Cue the confusion. Cue the tears.
Levi: "But who will sleep with me? I don't want to be all by myself! I love my brother! I want to stay with Wyatt. I can share with Wyatt!"
This is right in line with Levi's personality. I should have predicted this and waited to introduce the topic when it was, oh I don't know, even relevant. But no - I go blabbing and say it very cavalier. Poor kid.
The only pro of this is there have been zero fusses about who gets which bunk. Levi is making it very clear he can share nicely without trouble.
Side note: Amos could care less about the sleeping arrangements. I could have told him he was going to sleep in a box from now on to make room for the cat, and he would have been fine with it as long as I could turn that box into a cool night fort.
The next day we were heading out the front door for a walk, when Levi noticed a strange collection of upside-down June bugs. Hmm, what's with all the bugs right here?
Yet again, I dive in sprouting immediate facts without thinking how this might affect my little one's heart.

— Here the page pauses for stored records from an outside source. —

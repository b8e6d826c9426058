//! IPv4 packets by their grammar (RFC 791): the header with its options, and the one form in which a
//! packet is written.
#![tactic(auto)]

mod embedded;
mod fault;
mod head;
mod laws;
mod layout;
mod options;
mod read;

pub use fault::is_no_destination;
pub use head::Head4;
pub use laws::{equal_headers_are_the_same, options_are_read_by_their_grammar};
pub use layout::{DESTINATION_AT, HEADER_LEN, SOURCE_AT, SUM_AT};
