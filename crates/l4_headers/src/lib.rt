//! The transport headers that the domain carries: TCP (RFC 9293), UDP (RFC 768) and ICMP (RFC 792,
//! RFC 4443). Their ports and sums are read, and replaced in place.
#![tactic(auto)]

ghost use Rattle.std.specs.Prelude.{◌≡◌, ◌≤◌, ◌↔◌, IsErr, IfErr, IfOk, OnOk, length};
ghost use Rattle.octets.specs.declared.cause.Cause.TheVariants.{BadTransport};
ghost use Rattle.l4_headers.specs.Transport.{header_octets, IsBadTransport, l4_of, with_l4};

mod ends;
mod equal;
mod icmp;
pub mod place;
mod ports;
mod pseudo_header;
mod readdress;
mod segment;
mod tcp;
mod udp;

pub use ends::Ends;
pub use equal::equal_values_are_the_same;
use octets::{Cause, Proto};
pub use ports::{L4, NO_PORTS, Ports};
pub use pseudo_header::{address_sum4, address_sum6, pseudo_sum4, pseudo_sum6};
pub use readdress::{computed_udp_sum, followed_by, followed_by_cut_tcp, readdressed_sum};
pub use segment::Segment;

/// The ports, the sum and the flags at the front of a packet's transport payload. `whole` says that the
/// packet is no fragment; without it the payload is that of a first fragment, and only the header itself
/// has to stand there.
///
/// Answers `BadTransport` alone: for fewer than 20 octets of TCP or 8 of UDP or ICMP, and in a whole
/// packet for a TCP data offset below 5 or past the payload, or a UDP length that isn't the payload's.
pub fn read_l4(proto: Proto, payload: &[u8], whole: bool) -> Result<L4, Cause>
    ensures refused { IsErr result ↔ IsBadTransport proto payload.now whole }
    ensures cause { IfErr result (λ cause. cause ≡ BadTransport) }
    ensures value { IfOk result (λ l4. l4 ≡ l4_of proto payload.now) }
    ensures stands { OnOk result (header_octets proto ≤ length payload.now) }
{
    let bad = match proto {
        Proto::Tcp => tcp::is_bad(payload, whole),
        Proto::Udp => udp::is_bad(payload, whole),
        Proto::Icmp => icmp::is_bad(payload),
    };
    if bad {
        return Err(Cause::BadTransport);
    }
    Ok(accepted_l4(proto, payload))
}

/// The ports in the first 8 octets of a transport header, which are the least that an ICMP error embeds of
/// it (RFC 792). For ICMP both are octets 4 and 5, the identifier of a query.
pub fn read_ports(proto: Proto, payload: &[u8]) -> Ports
    requires { 8 ≤ length payload.now }
    ensures { result ≡ (l4_of proto payload.now).ports }
{
    match proto {
        Proto::Tcp => tcp::ports(payload),
        Proto::Udp => udp::ports(payload),
        Proto::Icmp => icmp::ports(payload),
    }
}

/// The ports, the sum and the flags at the front of a payload that `read_l4` accepts.
pub fn accepted_l4(proto: Proto, payload: &[u8]) -> L4
    requires { header_octets proto ≤ length payload.now }
    ensures { result ≡ l4_of proto payload.now }
{
    match proto {
        Proto::Tcp => tcp::read(payload),
        Proto::Udp => udp::read(payload),
        Proto::Icmp => icmp::read(payload),
    }
}

/// Writes the ports and the sum into a payload that `read_l4` accepts of a first fragment, and so also
/// into one that it accepts of a whole packet. An ICMP query has its identifier, `ports.src`, in place of
/// ports. Any other ICMP message keeps all but its sum.
pub fn set_l4(proto: Proto, payload: &mut [u8], ports: Ports, sum: u16)
    requires { header_octets proto ≤ length payload.old }
    ensures { payload.new ≡ with_l4 proto payload.old ports sum }
{
    match proto {
        Proto::Tcp => tcp::set(payload, ports, sum),
        Proto::Udp => udp::set(payload, ports, sum),
        Proto::Icmp => icmp::set(payload, ports, sum),
    }
}
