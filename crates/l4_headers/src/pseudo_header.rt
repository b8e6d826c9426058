//! Sums of the words of pseudo headers (RFC 768; RFC 9293, section 3.1; RFC 8200, section 8.1).
ghost use Rattle.std.specs.Prelude.{◌≡◌, ◌^◌, ◌≤◌};
ghost use Rattle.inet_sum.specs.Sum.{words};
ghost use Rattle.octets.specs.Field.{in_quad, in_sixteen};
ghost use Rattle.l4_headers.specs.PseudoHeader.{pseudo_header4, pseudo_header6};

use inet_sum::sum;
use octets::{Addr4, Addr6};

/// The sum of the words of an IPv4 address.
pub fn address_sum4(addr: Addr4) -> u64
    ensures value { result ≡ words (in_quad addr.0) }
    ensures bounded { result ≤ 2 ^ 17 }
{
    sum(&addr.0.to_be_bytes())
}

/// The sum of the words of an IPv6 address.
pub fn address_sum6(addr: Addr6) -> u64
    ensures value { result ≡ words (in_sixteen addr.0) }
    ensures bounded { result ≤ 2 ^ 20 }
{
    sum(&addr.0.to_be_bytes())
}

/// The sum of the words of an IPv4 pseudo header: the addresses, the number of the protocol, and the length of
/// its header and payload in octets.
pub fn pseudo_sum4(src: Addr4, dst: Addr4, protocol: u8, len: u16) -> u64
    ensures value { result ≡ words (pseudo_header4 src dst protocol len) }
    ensures bounded { result ≤ 2 ^ 19 }
{
    address_sum4(src) + address_sum4(dst) + u64::from(protocol) + u64::from(len)
}

/// The sum of the words of an IPv6 pseudo header: the addresses, the number of the upper protocol, and the length
/// of its header and payload in octets.
pub fn pseudo_sum6(src: Addr6, dst: Addr6, protocol: u8, len: u32) -> u64
    ensures value { result ≡ words (pseudo_header6 src dst protocol len) }
    ensures bounded { result ≤ 2 ^ 22 }
{
    let len_words = u64::from(len >> 16) + u64::from(len % (1 << 16));
    address_sum6(src) + address_sum6(dst) + u64::from(protocol) + len_words
}
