//! Transport headers of a packet that gets other addresses and ports (RFC 7915, sections 4.5 and 5.5).
ghost use Rattle.std.specs.Prelude.{◌≡◌, ◌≢◌, ◌+◌, ◌^◌, ◌<◌, ◌≤◌, ◌++◌, IfOk, length};
ghost use Rattle.octets.specs.declared.proto.Proto.TheVariants.{Tcp, Icmp};
ghost use Rattle.octets.specs.Field.{word, with_word};
ghost use Rattle.l4_headers.specs.Transport.{header_octets, with_l4};
ghost use Rattle.l4_headers.specs.Readdressed.{as_written, port_words, readdressed_sum, computed_udp_sum};

use crate::place::{DESTINATION_PORT_AT, SOURCE_PORT_AT, TCP_SUM_AT, UDP_SUM_AT};
use crate::{L4, Ports, udp};
use inet_sum::{adjust, as_udp, check_of, sum};
use octets::{Bytes, NoMemory, Proto};

/// A check sum as its protocol writes it: UDP has 65535 in the place of 0 (RFC 768).
fn as_written(proto: Proto, sum: u16) -> u16
    ensures { result ≡ as_written proto sum }
{
    match proto {
        Proto::Udp => as_udp(sum),
        Proto::Tcp | Proto::Icmp => sum,
    }
}

/// The sum of the words of both ports.
fn port_words(ports: Ports) -> u64
    ensures value { result ≡ port_words ports }
    ensures bounded { result < 2 ^ 17 }
{
    u64::from(ports.src) + u64::from(ports.dst)
}

/// The sum of a TCP or UDP header once the words of its addresses, of sum `old`, became words of sum `new`, and
/// its ports became these (RFC 1624). A sum that was wrong stays wrong.
pub fn readdressed_sum(proto: Proto, l4: &L4, old: u64, new: u64, ports: Ports) -> u16
    requires old { old ≤ 2 ^ 32 }
    requires new { new ≤ 2 ^ 32 }
    ensures { result ≡ readdressed_sum proto l4.now old new ports }
{
    let before = old + port_words(l4.ports);
    let after = new + port_words(ports);
    as_written(proto, adjust(l4.sum, before, after))
}

/// The sum of a UDP datagram once its ports are these, computed over a pseudo header whose words have the sum
/// `pseudo` (RFC 768). The datagram has no sum yet: its place holds 0.
pub fn computed_udp_sum(pseudo: u64, datagram: &[u8], ports: Ports) -> u16
    requires pseudo { pseudo ≤ 2 ^ 32 }
    requires stands { 8 ≤ length datagram.now }
    requires fits { length datagram.now ≤ 2 ^ 32 }
    requires unsummed { word datagram.now 6 ≡ 0 }
    ensures { result ≡ computed_udp_sum pseudo datagram.now ports }
{
    let others = sum(datagram) - port_words(udp::ports(datagram));
    as_udp(check_of(pseudo + others + port_words(ports)))
}

/// The octets of `front`, followed by a payload with these ports at its front and this sum at its place. Where `front` has
/// room for the payload, it takes no more memory.
#[tactic(auto, using(crate::proofs::Behind::three_behind))]
fn readdressed(
    front: Bytes,
    payload: &[u8],
    sum_at: usize,
    ports: Ports,
    sum: u16,
) -> Result<Bytes, NoMemory>
    requires behind { 4 ≤ sum_at }
    requires stands { sum_at + 2 ≤ length payload.now }
    ensures { IfOk result (λ octets. octets
        ≡ front ++ with_word sum_at sum (with_word 2 ports.dst (with_word 0 ports.src payload.now))) }
{
    let at = front.as_slice().len();
    let mut octets = front;
    octets.extend(payload)?;
    octets.set_word(at + SOURCE_PORT_AT, ports.src);
    octets.set_word(at + DESTINATION_PORT_AT, ports.dst);
    octets.set_word(at + sum_at, sum);
    Ok(octets)
}

/// The octets of `front`, followed by a TCP or UDP payload with these ports and this sum.
pub fn followed_by(
    front: Bytes,
    proto: Proto,
    payload: &[u8],
    ports: Ports,
    sum: u16,
) -> Result<Bytes, NoMemory>
    requires proto { proto ≢ Icmp }
    requires stands { header_octets proto ≤ length payload.now }
    ensures { IfOk result (λ octets. octets ≡ front ++ with_l4 proto payload.now ports sum) }
{
    match proto {
        Proto::Tcp => readdressed(front, payload, TCP_SUM_AT, ports, sum),
        Proto::Udp => readdressed(front, payload, UDP_SUM_AT, ports, sum),
        Proto::Icmp => unreachable!(),
    }
}

/// The octets of `front`, followed by the first octets of a TCP segment, up to its sum at least, with these ports and
/// this sum.
pub fn followed_by_cut_tcp(
    front: Bytes,
    segment: &[u8],
    ports: Ports,
    sum: u16,
) -> Result<Bytes, NoMemory>
    requires { 18 ≤ length segment.now }
    ensures { IfOk result (λ octets. octets ≡ front ++ with_l4 Tcp segment.now ports sum) }
{
    readdressed(front, segment, TCP_SUM_AT, ports, sum)
}
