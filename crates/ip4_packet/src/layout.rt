//! Where the fields of the header stand, in octets from its start (RFC 791, section 3.1).

/// Octets of a header without options.
pub const HEADER_LEN: usize = 20;
/// Version and header length.
pub(crate) const VERSION_AT: usize = 0;
/// The type of service.
pub(crate) const TOS_AT: usize = 1;
/// The total length.
pub(crate) const TOTAL_AT: usize = 2;
/// The identification.
pub(crate) const ID_AT: usize = 4;
/// The flags and the fragment offset.
pub(crate) const FRAGMENT_AT: usize = 6;
/// The time to live.
pub(crate) const TTL_AT: usize = 8;
/// The protocol.
pub(crate) const PROTO_AT: usize = 9;
/// The sum of the header.
pub const SUM_AT: usize = 10;
/// The source address.
pub const SOURCE_AT: usize = 12;
/// The destination address.
pub const DESTINATION_AT: usize = 16;

/// The version.
pub(crate) const VERSION: u8 = 4;
/// The first four bits of a group address.
pub(crate) const GROUP: u32 = 14;
/// Version 4, and five words of 32 bits of header.
pub(crate) const VERSION_AND_LEN: u8 = 0x45;
/// The fragment offset is what the flags leave.
pub(crate) const OFFSETS: u16 = 1 << 13;
/// The flag "don't fragment" above the offset.
pub(crate) const DONT_FRAGMENT: u16 = 1 << 14;
/// The flag "more fragments" above the offset.
pub(crate) const MORE_FRAGMENTS: u16 = 1 << 13;

/// The kind that ends the list of options.
pub(crate) const OPTION_END: u8 = 0;
/// The option of one octet that does nothing.
pub(crate) const OPTION_NONE: u8 = 1;
/// A loose source route: a route that the packet has yet to take.
pub(crate) const LOOSE_ROUTE: u8 = 131;
/// A strict source route.
pub(crate) const STRICT_ROUTE: u8 = 137;
/// An option's length, its kind and this octet counted.
pub(crate) const OPTION_LEN_AT: usize = 1;
/// A source route's pointer to the next address.
pub(crate) const POINTER_AT: usize = 2;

"The bug man sprayed around our home, so now any bugs that get close to our door will die."
Levi's face turns to immediate shock, "What?! NNNOOOO!!!!"
He screams so loud I'm sure the neighbors thought I was beating this child.
Levi: "I don't want them to die! My FRIENDS! MY FRIENDS!" Tears. SO many tears.
As I'm trying to back-pedal out of the harshness I've just delivered, and change the conversation to something more comforting, he realizes one is still moving. Suddenly delighted, he decides to help the little bug back on its legs so it can escape my trap.
This is when Amos takes notice.
Amos: "It's not dead. It's not dead? It's NOT DEAD! AAAAAAHHHHHHHH!!!!!"
More traumatic screams from our front porch, this time from child #2. Oh, Lord of Hosts grant me the words.
Meanwhile, Wyatt in the stroller:
We did manage to get everyone on the same page of understanding, but let's just say I've had a few losses this week. I snapped more than a few times, and I got called out for being on my phone by a 3-year-old. That's shamesville right there. When your toddler says, "Mom, I said no more phone. It's time for FAMILY."
I can't even say I was looking up scripture or anything like that. I was checking my email. Deleting ads for products I don't need. Lame.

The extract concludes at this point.